Class II: Products that might cause a temporary health problem, or pose only a slight threat of a serious nature. Example: a drug that is under-strength but that is not used to treat life-threatening situations.

Class III: Products that are unlikely to cause any adverse health reaction, but that violate FDA labeling or manufacturing laws. Examples include: a minor container defect and lack of English labeling in a retail food. 

The classification of a particular recall will define the boundaries for executing the recovery process. For the most part, product recalls are voluntary; however, FDA giveth and the FDA taketh away. If a medical device poses an imminent threat to public health and safety, the agency can order a Class I recall. Even for a device manufacturer-sponsored recall, FDA notification is required. Through the concept of “First Alert,” FDA becomes aware of a product issue and the clock starts ticking. 

Executing the Class I recall

Right after the call is made to FDA for the initial consultation, the device manufacturer begins the arduous task of identifying where the medical devices requiring to be recalled are located within the United States. Written notification will be required. In fact, ensure evidence of notification is collected, e.g., use FedEx, UPS or USPS to ship the recall packets and collect evidence of receipt. Just in case you are wondering, evidence of receipt equates to a signature acknowledging receipt of the recall package.

In the eyes Dr. D and FDA, the magic number is three, which equates to three attempts to collect product being recalled. Collecting the suspect devices will require significant vigilance and a recall manager with the persistence and tenacity of a pit bill, ruff, ruff! As product is returned and collected, it is imperative that the product be placed into a quarantine location and meticulous records associated with the recall maintained. Once the device manufacturer is in a position to accurately determine that no more devices are going to be returned, hopefully an effectiveness rate of greater than 90.0 percent, then FDA can be contacted and plans for the certified destruction of the devices executed. Once upon a time, in a distant land called California, Dr. D watched in amazement as a forklift was driven back and forth over a couple of hundred catheters in an effort to destroy them. Was it effective, heck yes; however, it was also quite messy. The doctor recommends contacting a firm specializing in the certified destruction of medical devices. Make sure the certificate of destruction is included in the recall documentation.

Dr. D strongly recommends pursuing the same rigor when executing a Class II or Class III device recall. Remember, FDA will want to look at all of the documentation associated with a recall as part of one of their friendly visits, a.k.a., facility inspection. The agency is always interested in the effectiveness of a device manufacturer’s recall efforts, regardless of the classification.

Takeaways

For this week’s guidance, the doctor will leave the readers with two takeaways. One – It is inevitable a device manufacturer will eventually have to execute a product recall. The best policy is to always be prepared. In preparation, begin with scripting a procedure that fully embraces 21 CFR, Part 806. Two – It is imperative that FDA be kept in the loop for product recalls. Always, contact your local FDA office prior to commencing with a recall. The discussion with FDA will ensure that correct classification of recall is selected.

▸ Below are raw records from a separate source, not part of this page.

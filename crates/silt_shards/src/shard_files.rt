// Files that open as one set.
ghost use Rattle.std.specs.Prelude.{◌≡◌, ◌<◌, ◌≤◌, ◌↔◌, ℕ, List, [], Some, IsTrue, OnOk, IfOk, IfErr, IfNone, IfSome, length, slice_get, vec_capacity, vec_len};
ghost use Rattle.std.specs.List.{AllZip};
ghost use Rattle.silt_recovery.specs.Opening.{LeavesNoOther};
ghost use Rattle.silt_store_set.specs.CoreState.{Opens};
ghost use Rattle.silt_shards.specs.Attempts.{GivesFor, IsAttemptOn};
ghost use Rattle.silt_shards.specs.Opening.{AreOfOneShape, AreShards, CausedAt, HasOtherNumbers, IsLike, IsMarked, IsRefusedSet, IsRefusedUnopened, Says};
ghost use Rattle.silt_shards.specs.Routing.{IsShardCount, most_shards};
ghost use Rattle.silt_shards.specs.Sets.{AreAlike};
ghost use Rattle.silt_shards.specs.declared.mark.Marking.TheVariants.{Marked, Unmarked};

use crate::attempt::Attempt;
use crate::fault::{MarkFault, SetCause, SetFault};
use crate::mark::{Mark, Marking, read_mark};
use silt_disk::{Disk, Geometry};
use silt_event::Refusal;
use silt_store_set::{Core, OpenFault};
use std::alloc::Global;
use std::thread;
use std::thread::Threads;

/// Opens the stores on these disks, which are, in their order, the shards of one set. First it compares their marks: each says
/// that its file is this shard, of a set of as many shards as there are disks, and all have the same bytes of a set. Then it
/// opens one store after the other, and compares their six numbers.
///
/// # Errors
///
/// The first disk that is not the shard that is due, or on which no store opens, and why. The stores that were opened before it
/// are closed. If it is out of memory for the list of stores, that is shard 0's.
pub fn open_shards<D: Disk>(alloc: Global, disks: Vec<D>) -> Result<Vec<Core<D>>, SetFault<D>>
    requires { IsShardCount (vec_len disks) }
    ensures opens { IfOk result (λ cores. AllZip (λ disk core. Opens D.Disk (D.content disk) core) disks.items cores.items) }
    ensures count { IfOk result (λ cores. vec_len cores ≡ vec_len disks) }
    ensures shape { IfOk result (λ cores. AreOfOneShape cores.items) }
    ensures alike { IfOk result (λ cores. AreAlike (λ core. core.shape.value_len) cores.items) }
    ensures shards { IfOk result (λ _. AreShards D.Disk disks.items) }
    ensures cause { IfErr result (λ fault. IsRefusedSet D.Disk disks.items fault.shard fault.disk fault.cause) }
{
    let (attempts, cores) = due_lists(alloc, disks)?;
    gather(alloc, attempts, cores)
}

/// Opens the stores on these disks as [`open_shards`] does, but side by side: in threads, of which there are at most as many as
/// processors. So each store is opened, also behind one that is refused.
///
/// # Errors
///
/// Those of [`open_shards`], and of the same shard. All other stores are closed. If it is out of memory for a list of the
/// stores, that is shard 0's, and none is opened.
pub fn open_shards_beside<D: Disk, R: Threads + Sync>(
    rt: &R,
    alloc: Global,
    disks: Vec<D>,
) -> Result<Vec<Core<D>>, SetFault<D>>
    requires { IsShardCount (vec_len disks) }
    ensures opens { IfOk result (λ cores. AllZip (λ disk core. Opens D.Disk (D.content disk) core) disks.items cores.items) }
    ensures count { IfOk result (λ cores. vec_len cores ≡ vec_len disks) }
    ensures shape { IfOk result (λ cores. AreOfOneShape cores.items) }
    ensures alike { IfOk result (λ cores. AreAlike (λ core. core.shape.value_len) cores.items) }
    ensures shards { IfOk result (λ _. AreShards D.Disk disks.items) }
    ensures cause { IfErr result (λ fault. IsRefusedSet D.Disk disks.items fault.shard fault.disk fault.cause) }
{
    let (attempts, cores) = due_lists(alloc, disks)?;
    gather(alloc, make_all(rt, alloc, attempts), cores)
}

// The disks are refused because of this one.
fn refused<D: Disk>(disks: Vec<D>, shard: u32, cause: SetCause<D::Fault>) -> SetFault<D>
    requires { shard < vec_len disks }
    ensures shard { result.shard ≡ shard }
    ensures disk { slice_get disks.items shard ≡ Some result.disk }
    ensures cause { result.cause ≡ cause }
{
    let mut disks = disks;
    SetFault {
        shard,
        disk: disks.swap_remove(shard as usize),
        cause,
    }
}

/// Makes sure that a disk is a store of its own, and no shard of a set. That takes at most one read.
///
/// # Errors
///
/// Why it is none: it has a mark, or the read failed.
pub fn check_unmarked<D: Disk>(disk: &D) -> Result<(), SetCause<D::Fault>>
    ensures unmarked { OnOk result (Says D.Disk disk.now Unmarked) }
    ensures cause { IfErr result (IsMarked D.Disk (D.content disk.now) disk.now) }
{
    match read_mark(disk) {
        Ok(Marking::Unmarked) => Ok(()),
        Ok(Marking::Unknown) => Err(SetCause::NotDue(MarkFault::Unknown)),
        Ok(Marking::Marked(mark)) => Err(SetCause::NotDue(MarkFault::InSet {
            shard: mark.shard,
            of: mark.count,
        })),
        Err(fault) => Err(SetCause::Refused(Refusal::Device(fault))),
    }
}

// The mark of a disk, if it is that of the shard that is due.
fn due_mark<D: Disk>(disk: &D, count: u32, due: u32) -> Result<Mark, SetCause<D::Fault>>
    ensures mark { IfOk result (λ mark. (mark.count ≡ count) × (mark.shard ≡ due) × Says D.Disk disk.now (Marked mark)) }
    ensures cause { (first : D) → IfErr result (CausedAt D.Disk count due first disk.now disk.now) }
{
    let mark = match read_mark(disk) {
        Ok(Marking::Marked(mark)) => mark,
        Ok(Marking::Unmarked) => return Err(SetCause::NotDue(MarkFault::Unmarked)),
        Ok(Marking::Unknown) => return Err(SetCause::NotDue(MarkFault::Unknown)),
        Err(fault) => return Err(SetCause::Refused(Refusal::Device(fault))),
    };
    match fault_of(&mark, count, due) {
        Some(fault) => Err(SetCause::NotDue(fault)),
        None => Ok(mark),
    }
}

// Why a mark is not that of the shard that is due, if it is not.
fn fault_of(mark: &Mark, count: u32, due: u32) -> Option<MarkFault>
    ensures fault { IfSome result (HasOtherNumbers count due mark.now) }
    ensures none { IfNone result ((mark.now.count ≡ count) × (mark.now.shard ≡ due)) }
{
    if mark.count != count {
        return Some(MarkFault::OtherCount {
            found: mark.count,
            asked: count,
        });
    }
    if mark.shard != due {
        return Some(MarkFault::OtherShard {
            found: mark.shard,
            of: mark.count,
            due,
        });
    }
    None
}

// Whether two marks have the same bytes of a set.
fn are_of_one_set(first: &Mark, other: &Mark) -> bool
    ensures { IsTrue result ↔ (other.now.set ≡ first.now.set) }
{
    other.set == first.set
}

/// Makes sure that these disks are, in their order, the shards of one set, by their marks.
///
/// # Errors
///
/// The number of the first disk that is not the shard that is due, and why.
pub fn compare_marks<D: Disk>(disks: &[D]) -> Result<(), (u32, SetCause<D::Fault>)>
    requires { IsShardCount (length disks.now) }
    ensures shards { OnOk result (AreShards D.Disk disks.now) }
    ensures cause { IfErr result (λ fault. IsRefusedUnopened D.Disk disks.now fault.0 fault.1) }
{
    let count = disks.len() as u32;
    let first = match due_mark(&disks[0], count, 0) {
        Ok(mark) => mark,
        Err(cause) => return Err((0, cause)),
    };
    for shard in 1..count {
        match due_mark(&disks[shard as usize], count, shard) {
            Ok(mark) => {
                if !are_of_one_set(&first, &mark) {
                    return Err((shard, SetCause::NotDue(MarkFault::OtherSet)));
                }
            }
            Err(cause) => return Err((shard, cause)),
        }
    }
    Ok(())
}

// An attempt on each of these disks, and an empty list with room for their stores, if the disks are the shards of one set by
// their marks.
fn due_lists<D: Disk>(
    alloc: Global,
    disks: Vec<D>,
) -> Result<(Vec<Attempt<D>>, Vec<Core<D>>), SetFault<D>>
    requires { IsShardCount (vec_len disks) }
    ensures due { IfOk result (λ lists. AllZip (IsAttemptOn D.Disk) disks.items lists.0.items) }
    ensures count { IfOk result (λ lists. vec_len lists.0 ≡ vec_len disks) }
    ensures none { IfOk result (λ lists. lists.1.items ≡ []) }
    ensures room { IfOk result (λ lists. vec_len lists.0 ≤ vec_capacity lists.1) }
    ensures shards { IfOk result (λ _. AreShards D.Disk disks.items) }
    ensures cause { IfErr result (λ fault. IsRefusedSet D.Disk disks.items fault.shard fault.disk fault.cause) }
{
    match compare_marks(disks.as_slice()) {
        Ok(()) => lists_for(alloc, disks),
        Err((shard, cause)) => Err(refused(disks, shard, cause)),
    }
}

// An attempt on each of these disks, and an empty list with room for their stores.
fn lists_for<D: Disk>(
    alloc: Global,
    disks: Vec<D>,
) -> Result<(Vec<Attempt<D>>, Vec<Core<D>>), SetFault<D>>
    requires { IsShardCount (vec_len disks) }
    ensures due { IfOk result (λ lists. AllZip (IsAttemptOn D.Disk) disks.items lists.0.items) }
    ensures count { IfOk result (λ lists. vec_len lists.0 ≡ vec_len disks) }
    ensures none { IfOk result (λ lists. lists.1.items ≡ []) }
    ensures room { IfOk result (λ lists. vec_len lists.0 ≤ vec_capacity lists.1) }
    ensures cause { IfErr result (λ fault. IsRefusedSet D.Disk disks.items fault.shard fault.disk fault.cause) }
{
    let Ok(cores) = Vec::with_capacity(alloc, disks.len()) else {
        return Err(refused(disks, 0, SetCause::Refused(Refusal::NoMemory)));
    };
    let Ok(attempts) = Vec::with_capacity(alloc, disks.len()) else {
        return Err(refused(disks, 0, SetCause::Refused(Refusal::NoMemory)));
    };
    Ok((all_due(disks, attempts), cores))
}

// An attempt on each of these disks, into a list that has room for them.
fn all_due<D: Disk>(disks: Vec<D>, attempts: Vec<Attempt<D>>) -> Vec<Attempt<D>>
    requires none { attempts.items ≡ [] }
    requires room { vec_len disks ≤ vec_capacity attempts }
    ensures due { AllZip (IsAttemptOn D.Disk) disks.items result.items }
    ensures count { vec_len result ≡ vec_len disks }
{
    let mut attempts = attempts;
    for disk in disks {
        attempts.push_reserved(Attempt::Due(disk));
    }
    attempts
}

// Makes these attempts side by side, in at most as many threads as there are processors.
fn make_all<D: Disk, R: Threads + Sync>(
    rt: &R,
    alloc: Global,
    attempts: Vec<Attempt<D>>,
) -> Vec<Attempt<D>>
    ensures on { (disks : List D) → AllZip (IsAttemptOn D.Disk) disks attempts.items → AllZip (IsAttemptOn D.Disk) disks result.items }
    ensures count { vec_len result ≡ vec_len attempts }
{
    let make = |_: usize, attempt: &mut Attempt<D>|
        ensures { (disk : D) → IsAttemptOn D.Disk disk attempt.old → IsAttemptOn D.Disk disk attempt.new }
    { attempt.make(alloc) };
    let mut attempts = attempts;
    thread::for_each_mut(rt, attempts.as_mut_slice(), thread_count(rt), &make);
    attempts
}

// How many processors there are; one, if the system does not say.
fn thread_count(rt: &impl Threads) -> usize
    ensures { 0 < result }
{
    match thread::available_parallelism(rt) {
        Ok(count) => count.get(),
        Err(_) => 1,
    }
}

// The stores that these attempts give, in their order, if all are open and of one geometry.
fn gather<D: Disk>(
    alloc: Global,
    attempts: Vec<Attempt<D>>,
    cores: Vec<Core<D>>,
) -> Result<Vec<Core<D>>, SetFault<D>>
    requires count { IsShardCount (vec_len attempts) }
    requires on { (disks : List D) × AllZip (IsAttemptOn D.Disk) disks attempts.items }
    requires none { cores.items ≡ [] }
    requires room { vec_len attempts ≤ vec_capacity cores }
    ensures opens { (disks : List D) → AllZip (IsAttemptOn D.Disk) disks attempts.items
        → IfOk result (λ cores. AllZip (λ disk core. Opens D.Disk (D.content disk) core) disks cores.items) }
    ensures count { IfOk result (λ cores. vec_len cores ≡ vec_len attempts) }
    ensures shape { IfOk result (λ cores. AreOfOneShape cores.items) }
    ensures cause { (disks : List D) → AllZip (IsAttemptOn D.Disk) disks attempts.items
        → IfErr result (λ fault. IsRefusedSet D.Disk disks fault.shard fault.disk fault.cause) }
{
    let mut cores = cores;
    for attempt in attempts {
        match next_store(attempt.outcome(alloc), cores.as_slice()) {
            Ok(core) => cores.push_reserved(core),
            Err(fault) => return Err(fault),
        }
    }
    Ok(cores)
}

// The store of the next shard, behind those that are open, if this opening of it gave one like them.
fn next_store<D: Disk>(
    opened: Result<Core<D>, OpenFault<D>>,
    cores: &[Core<D>],
) -> Result<Core<D>, SetFault<D>>
    requires { length cores.now < most_shards }
    ensures opens { (disk : D) → GivesFor D.Disk disk opened → IfOk result (Opens D.Disk (D.content disk)) }
    ensures like { IfOk result (IsLike cores.now) }
    ensures shard { IfErr result (λ fault. fault.shard ≡ length cores.now) }
    ensures cause { (disk : D) → GivesFor D.Disk disk opened → (count : ℕ) (first : D) → IfSome (slice_get cores.now 0) (Opens D.Disk (D.content first))
        → IfErr result (λ fault. CausedAt D.Disk count (length cores.now) first disk fault.disk fault.cause) }
    ensures images { (disk : D) → GivesFor D.Disk disk opened → IfErr result (λ fault. LeavesNoOther (D.content disk) (D.content fault.disk)) }
{
    let shard = cores.len() as u32;
    let core = match opened {
        Ok(core) => core,
        Err(OpenFault { disk, refusal }) => {
            return Err(SetFault {
                shard,
                disk,
                cause: SetCause::Refused(refusal),
            });
        }
    };
    if is_like(&core, cores) {
        return Ok(core);
    }
    Err(SetFault {
        shard,
        disk: core.close(),
        cause: SetCause::NotDue(MarkFault::OtherGeometry),
    })
}

// Whether a store has the geometry of the first of these, if there is one.
fn is_like<D: Disk>(core: &Core<D>, cores: &[Core<D>]) -> bool
    ensures { IsTrue result ↔ IsLike cores.now core.now }
{
    match cores.first() {
        Some(first) => core.geometry() == first.geometry(),
        None => true,
    }
}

In closing, thank you again for joining Dr. D and I hope you find value in the guidance provided. Until the next installment of DG – cheers from Dr. D. and best wishes for continued professional success. 

References: 

  1. Code of Federal Regulation. (2013, April) Title 21 Part 806: Medical devices: reports of corrections and removals. Washington, D.C.: U.S. Government Printing Office.
  2. Code of Federal Regulation. (2013, April). Title 21 Part 820: Quality system regulation. Washington, D.C.: U. S. Government Printing Office.
  3. Devine, C. (2011). Devine guidance for complying with the FDA’s quality system regulation – 21 CFR, Part 820. Charleston, SC: Amazon.